- _WHAT IS EXPECTED_:
Among the entries below, take the line with "kept.insert(place, rule)?;" and the line with "rules, ascending by left side.", and output them and every line between them exactly, with nothing else.

[Saved entries]
===

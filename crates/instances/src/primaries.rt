// Primaries of one network in one second.
ghost use Rattle.std.specs.Prelude.{◌≡◌};
ghost use Rattle.instances.specs.Primaries.{five_answers, FivePrimaries};

use keys::kinds::NetworkPair;
use keys::memory::Memory;
use keys::remembered::RememberedList;
use warning::Pair;
use warning::network::Network;

// Five primaries of one network, X, Y, X, Z and Y, at one clock.
pub fn five_primaries(network: Network, x: Pair, y: Pair, z: Pair, clock: u32) -> [Memory; 5]
    ensures answers { result ≡ five_answers network x y z clock }
    ensures table { FivePrimaries }
{
    let mut list = RememberedList::new();
    let first = list.remember(NetworkPair { network, pair: x }, clock);
    let second = list.remember(NetworkPair { network, pair: y }, clock);
    let third = list.remember(NetworkPair { network, pair: x }, clock);
    let fourth = list.remember(NetworkPair { network, pair: z }, clock);
    let fifth = list.remember(NetworkPair { network, pair: y }, clock);
    [first, second, third, fourth, fifth]
}
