// The joint table of instances: what the definitions come to at single values.
#![tactic(auto)]

ghost use Rattle.instances.specs.Costs.{PoolCosts};
ghost use Rattle.instances.specs.Primaries.{FivePrimaries};

pub mod costs;
pub mod primaries;

// Each row of the table is a theorem over the definitions that the contracts cite.
pub fn instances_stand()
    ensures pool { PoolCosts }
    ensures primaries { FivePrimaries }
{}
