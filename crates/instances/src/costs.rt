// What a pool asks for single counts of octets.
ghost use Rattle.std.specs.Prelude.{◌≡◌, [], ◌∷◌, Ok, Err};
ghost use Rattle.store.specs.declared.StoreFault.TheVariants.{TooLong};
ghost use Rattle.instances.specs.Costs.{PoolCosts};

use pool::Pool;
use store::{Store, StoreFault};

// The costs of 0, 32, 33, 256 and 257 octets, of which the last are too many.
pub fn pool_costs() -> [Result<usize, StoreFault>; 5]
    ensures answers { result ≡ Ok 1 ∷ Ok 1 ∷ Ok 2 ∷ Ok 8 ∷ Err (TooLong 257) ∷ [] }
    ensures table { PoolCosts }
{
    let pool = Pool::new();
    [
        pool.cost(0),
        pool.cost(32),
        pool.cost(33),
        pool.cost(256),
        pool.cost(257),
    ]
}
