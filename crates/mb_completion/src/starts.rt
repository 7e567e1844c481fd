//! The starts of a made certificate.

ghost use Rattle.std.specs.Prelude.{◌<◌, All, IfOk, length};
ghost use Rattle.mb_certificate.specs.Certificate.{IsStart};
ghost use Rattle.mb_completion.specs.Made.{AreNormalStarts, IsNormalStart};

use crate::start::birth;
use crate::traces::trace_of;
use mb_certificate::Start;
use mb_rules::Rules;
use mb_tables::OutOfMemory;
use std::alloc::Global;

/// The start at a cell: how the monomial of its column and its symbol come to their normal forms.
fn start(alloc: Global, rules: &Rules, cell: u32) -> Result<Start, OutOfMemory>
    requires { cell < length rules.now.matrix.columns }
    ensures normal { IfOk result (IsNormalStart rules.now.matrix rules.now.rules cell) }
    ensures sound { IfOk result IsStart }
{
    let _rules = rules.len();
    let first = birth(alloc, rules.matrix(), cell)?;
    Ok(Start {
        margin_steps: trace_of(alloc, rules, &first.left)?,
        cell_steps: trace_of(alloc, rules, &first.right)?,
    })
}

/// The starts of all cells, in order.
pub fn starts_of(alloc: Global, rules: &Rules) -> Result<Vec<Start>, OutOfMemory>
    ensures normal { IfOk result
        (λ starts. AreNormalStarts rules.now.matrix rules.now.rules starts.items) }
    ensures sound { IfOk result (λ starts. All IsStart starts.items) }
{
    let mut starts = Vec::new(alloc);
    for cell in 0..rules.matrix().cols() {
        starts.push(start(alloc, rules, cell)?)?;
    }
    Ok(starts)
}
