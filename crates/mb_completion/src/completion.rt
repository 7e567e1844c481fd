//! Completion: the run, and then the reduction.

ghost use Rattle.std.specs.Prelude.{◌≡◌, ◌≤◌, IfErr, IfOk, List};
ghost use Rattle.mb_completion.specs.Basis.{IsReducedBasis};
ghost use Rattle.mb_completion.specs.Faults.{Stops};
ghost use Rattle.mb_completion.specs.Limits.{most_looks};
ghost use Rattle.mb_completion.specs.Run.{AreLightPeaks, Finished, RunEnds};
ghost use Rattle.mb_completion.specs.Start.{births_of};
ghost use Rattle.mb_order.specs.Rewriting.{Rule};

use crate::fault::CompleteFault;
use crate::reduction::reduced_rules;
use crate::run::run;
use mb_matrix::Matrix;
use mb_order::Order;
use mb_rules::Rules;
use std::alloc::Global;

/// What a completion gives.
#[derive(Drop)]
pub struct Completed {
    /// The rules of the reduced basis, ascending by left side.
    pub rules: Rules,
    /// How many critical pairs the run looked at.
    pub looks: u32,
}

/// The reduced basis of a design matrix: the rules that take the margins' symbols of each column
/// to its cell's symbol are completed with at most so many looks at critical pairs, 0 to
/// 1,000,000, and then reduced. The basis is a function of matrix and order alone.
///
/// Refused are a run that has a pair left after so many looks (`Unfinished`), and one that comes
/// to a pair whose peak weighs more than 65,535 on some margin (`Exponent`). Want of memory can
/// come in place of any answer.
pub fn complete(
    alloc: Global,
    matrix: &Matrix,
    order: Order,
    pairs: u32,
) -> Result<Completed, CompleteFault>
    requires { pairs ≤ most_looks }
    ensures looks { IfOk result (λ c. (born : List Rule)
        × RunEnds matrix.now order pairs (Finished born c.looks)) }
    ensures basis { IfOk result (λ c. IsReducedBasis matrix.now order c.rules.rules) }
    ensures peaks { IfOk result (λ c. AreLightPeaks matrix.now c.rules.rules) }
    ensures matrix { IfOk result (λ c. c.rules.matrix ≡ matrix.now) }
    ensures order { IfOk result (λ c. c.rules.order ≡ order) }
    ensures stops { IfErr result (Stops matrix.now order pairs (births_of matrix.now) 0) }
{
    let _rows = matrix.rows();
    let (born, looks) = run(alloc, matrix, order, pairs)?;
    let rules = reduced_rules(alloc, &born)?;
    Ok(Completed { rules, looks })
}
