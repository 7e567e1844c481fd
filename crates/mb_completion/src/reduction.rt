//! The reduction after a run: of each minimal left side one rule, with the normal form of its
//! right side, in ascending order.

ghost use Rattle.std.specs.Prelude.{◌≡◌, ◌<◌, ◌≤◌, ◌+◌, ◌⊎◌, IfOk, OnOk, length, map, slice_index_or, true, ℕ};
ghost use Rattle.std.specs.Bool.{OnFalse, OnTrue};
ghost use Rattle.std.specs.declared.cmp.Ordering.TheVariants.{Equal, Greater, Less};
ghost use Rattle.mb_completion.specs.Basis.{IsReducedBasis};
ghost use Rattle.mb_completion.specs.loops.Keeping.{IsKeeping};
ghost use Rattle.mb_completion.specs.loops.Kept.{IsKept, put};
ghost use Rattle.mb_completion.specs.Run.{AreLight, AreLightPeaks};
ghost use Rattle.mb_order.specs.Monomial.{HaveOneShape};
ghost use Rattle.mb_order.specs.Order.{monomial_cmp};
ghost use Rattle.mb_order.specs.Peak.{left_of};
ghost use Rattle.mb_order.specs.Weight.{IsLight, symbols_of};
ghost use Rattle.mb_rules.proofs.RulesInCode.{no_rule};
ghost use Rattle.mb_rules.specs.Classes.{ReachLeast};
ghost use Rattle.mb_rules.specs.ReducedBasis.{IsMinimalLeft};
ghost use Rattle.mb_rules.specs.RuleList.{cmp_of};
ghost use Rattle.mb_rules.specs.declared.rule.Rule as code;
ghost use Rattle.mb_tables.specs.Lists.{In};
ghost use Rattle.mb_rules.specs.Sides.{RuleSuits, sides};
ghost use Rattle.mb_tables.specs.Vectors.{within};

use mb_order::{Monomial, Order};
use mb_rules::{Rule, Rules};
use mb_tables::OutOfMemory;
use std::alloc::Global;
use std::cmp::Ordering;

/// Whether the left side of a rule divides that of another and is not the same.
fn is_below(rules: &Rules, q: u32, k: u32) -> bool
    requires divisor { q < length rules.now.rules }
    requires rule { k < length rules.now.rules }
    ensures divides { OnTrue result
        (within (left_of rules.now.rules q) (left_of rules.now.rules k) ≡ true) }
    ensures differs { OnTrue result
        (left_of rules.now.rules q ≡ left_of rules.now.rules k → ⊥) }
    ensures same { OnFalse result
        (within (left_of rules.now.rules q) (left_of rules.now.rules k) ≡ true
        → left_of rules.now.rules q ≡ left_of rules.now.rules k) }
{
    let divisor = rules.get(q);
    let rule = rules.get(k);
    if !divisor.left.divides(&rule.left) {
        return false;
    }
    !rule.left.divides(&divisor.left)
}

/// Whether no left side divides that of a rule but the same.
fn is_minimal(rules: &Rules, k: u32) -> bool
    requires { k < length rules.now.rules }
    ensures minimal { OnTrue result
        (IsMinimalLeft rules.now.rules (left_of rules.now.rules k)) }
    ensures divided { OnFalse result
        (IsMinimalLeft rules.now.rules (left_of rules.now.rules k) → ⊥) }
{
    for q in 0..rules.len() {
        if is_below(rules, q, k) {
            return false;
        }
    }
    true
}

/// The rule with the normal form of its right side.
fn lowered(alloc: Global, rules: &Rules, k: u32) -> Result<Rule, OutOfMemory>
    requires rule { k < length rules.now.rules }
    requires minimal { IsMinimalLeft rules.now.rules (left_of rules.now.rules k) }
    requires light { IsLight rules.now.matrix (left_of rules.now.rules k) }
    ensures left { IfOk result (λ r. r.left.list ≡ left_of rules.now.rules k) }
    ensures kept { IfOk result (λ r. IsKept rules.now.rules (sides r)) }
    ensures shape { IfOk result (RuleSuits rules.now.matrix) }
{
    let rule = rules.get(k);
    let mut right = rule.right.try_copy(alloc)?;
    rules.reduce(&mut right);
    Ok(Rule {
        left: rule.left.try_copy(alloc)?,
        right,
    })
}

/// The first place whose left side is not below a monomial.
fn place_of(order: Order, kept: &[Rule], left: &Monomial) -> usize
    requires { (rule : code.Rule) → In rule kept.now → HaveOneShape rule.left left.now }
    ensures within { result ≤ length kept.now }
    ensures below { (i : ℕ) → i < result → monomial_cmp order left.now.margins
        (slice_index_or (map sides kept.now) i no_rule).0 left.now.list ≡ Less }
    ensures above { result < length kept.now → monomial_cmp order left.now.margins
        (slice_index_or (map sides kept.now) result no_rule).0 left.now.list ≡ Less → ⊥ }
{
    for (place, rule) in kept.iter().enumerate() {
        match order.compare(&rule.left, left) {
            Ordering::Less => {}
            Ordering::Equal => return place,
            Ordering::Greater => return place,
        }
    }
    kept.len()
}

/// Whether the rule at a place has a left side.
fn has_left(order: Order, kept: &[Rule], place: usize, left: &Monomial) -> bool
    requires shapes { (rule : code.Rule) → In rule kept.now → HaveOneShape rule.left left.now }
    requires within { place ≤ length kept.now }
    requires above { place < length kept.now → monomial_cmp order left.now.margins
        (slice_index_or (map sides kept.now) place no_rule).0 left.now.list ≡ Less → ⊥ }
    ensures there { OnTrue result (place < length kept.now) }
    ensures equal { OnTrue result (monomial_cmp order left.now.margins
        (slice_index_or (map sides kept.now) place no_rule).0 left.now.list ≡ Equal) }
    ensures later { OnFalse result (place < length kept.now → monomial_cmp order left.now.margins
        (slice_index_or (map sides kept.now) place no_rule).0 left.now.list ≡ Greater) }
{
    if place == kept.len() {
        return false;
    }
    let rule = &kept[place];
    match order.compare(&rule.left, left) {
        Ordering::Less => false,
        Ordering::Equal => true,
        Ordering::Greater => false,
    }
}

/// Puts a rule in its place among rules with ascending left sides, unless its left side is there.
fn insert(order: Order, kept: &mut Vec<Rule>, rule: Rule) -> Result<(), OutOfMemory>
    requires { (other : code.Rule) → In other kept.old.items → HaveOneShape other.left rule.left }
    ensures put { OnOk result (map sides kept.new.items
        ≡ put (monomial_cmp order rule.left.margins) (sides rule) (map sides kept.old.items)) }
    ensures members { (other : code.Rule) → In other kept.new.items →
        In other kept.old.items ⊎ (other ≡ rule) }
    ensures long { length kept.new.items ≤ length kept.old.items + 1 }
{
    let place = place_of(order, kept.as_slice(), &rule.left);
    if has_left(order, kept.as_slice(), place, &rule.left) {
        return Ok(());
    }
    kept.insert(place, rule)?;
    Ok(())
}

/// Keeps a rule if its left side is minimal, with the normal form of its right side.
fn keep_one(alloc: Global, rules: &Rules, k: u32, kept: &mut Vec<Rule>) -> Result<(), OutOfMemory>
    requires rule { k < length rules.now.rules }
    requires light { AreLight rules.now.matrix rules.now.rules }
    requires keeping { IsKeeping rules.now.matrix rules.now.order rules.now.rules k kept.old.items }
    ensures { OnOk result
        (IsKeeping rules.now.matrix rules.now.order rules.now.rules (k + 1) kept.new.items) }
{
    let _rules = rules.len();
    if !is_minimal(rules, k) {
        return Ok(());
    }
    let rule = lowered(alloc, rules, k)?;
    insert(rules.order(), kept, rule)
}

/// The kept rules, ascending by left side.
fn keep_all(alloc: Global, rules: &Rules) -> Result<Vec<Rule>, OutOfMemory>
    requires light { AreLight rules.now.matrix rules.now.rules }
    ensures { IfOk result (λ v. IsKeeping rules.now.matrix rules.now.order rules.now.rules
        (length rules.now.rules) v.items) }
{
    let mut kept = Vec::new(alloc);
    for k in 0..rules.len() {
        keep_one(alloc, rules, k, &mut kept)?;
    }
    Ok(kept)
}

/// The reduced rules of a finished run.
pub fn reduced_rules(alloc: Global, rules: &Rules) -> Result<Rules, OutOfMemory>
    requires light { AreLight rules.now.matrix rules.now.rules }
    requires peaks { AreLightPeaks rules.now.matrix rules.now.rules }
    requires reach { ReachLeast rules.now.matrix.rows (symbols_of rules.now.matrix)
        (cmp_of rules.now.order rules.now.matrix) rules.now.rules }
    ensures matrix { IfOk result (λ l. l.matrix ≡ rules.now.matrix) }
    ensures order { IfOk result (λ l. l.order ≡ rules.now.order) }
    ensures basis { IfOk result (λ l. IsReducedBasis rules.now.matrix rules.now.order l.rules) }
    ensures peaks { IfOk result (λ l. AreLightPeaks rules.now.matrix l.rules) }
{
    let _rules = rules.len();
    let kept = keep_all(alloc, rules)?;
    Rules::of_rules(alloc, rules.matrix(), rules.order(), kept)
}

===

- _EXERCISE OUTPUT_:
    kept.insert(place, rule)?;
    Ok(())
}

/// Keeps a rule if its left side is minimal, with the normal form of its right side.
fn keep_one(alloc: Global, rules: &Rules, k: u32, kept: &mut Vec<Rule>) -> Result<(), OutOfMemory>
    requires rule { k < length rules.now.rules }
    requires light { AreLight rules.now.matrix rules.now.rules }
    requires keeping { IsKeeping rules.now.matrix rules.now.order rules.now.rules k kept.old.items }
    ensures { OnOk result
        (IsKeeping rules.now.matrix rules.now.order rules.now.rules (k + 1) kept.new.items) }
{
    let _rules = rules.len();
    if !is_minimal(rules, k) {
        return Ok(());
    }
    let rule = lowered(alloc, rules, k)?;
    insert(rules.order(), kept, rule)
}

/// The kept rules, ascending by left side.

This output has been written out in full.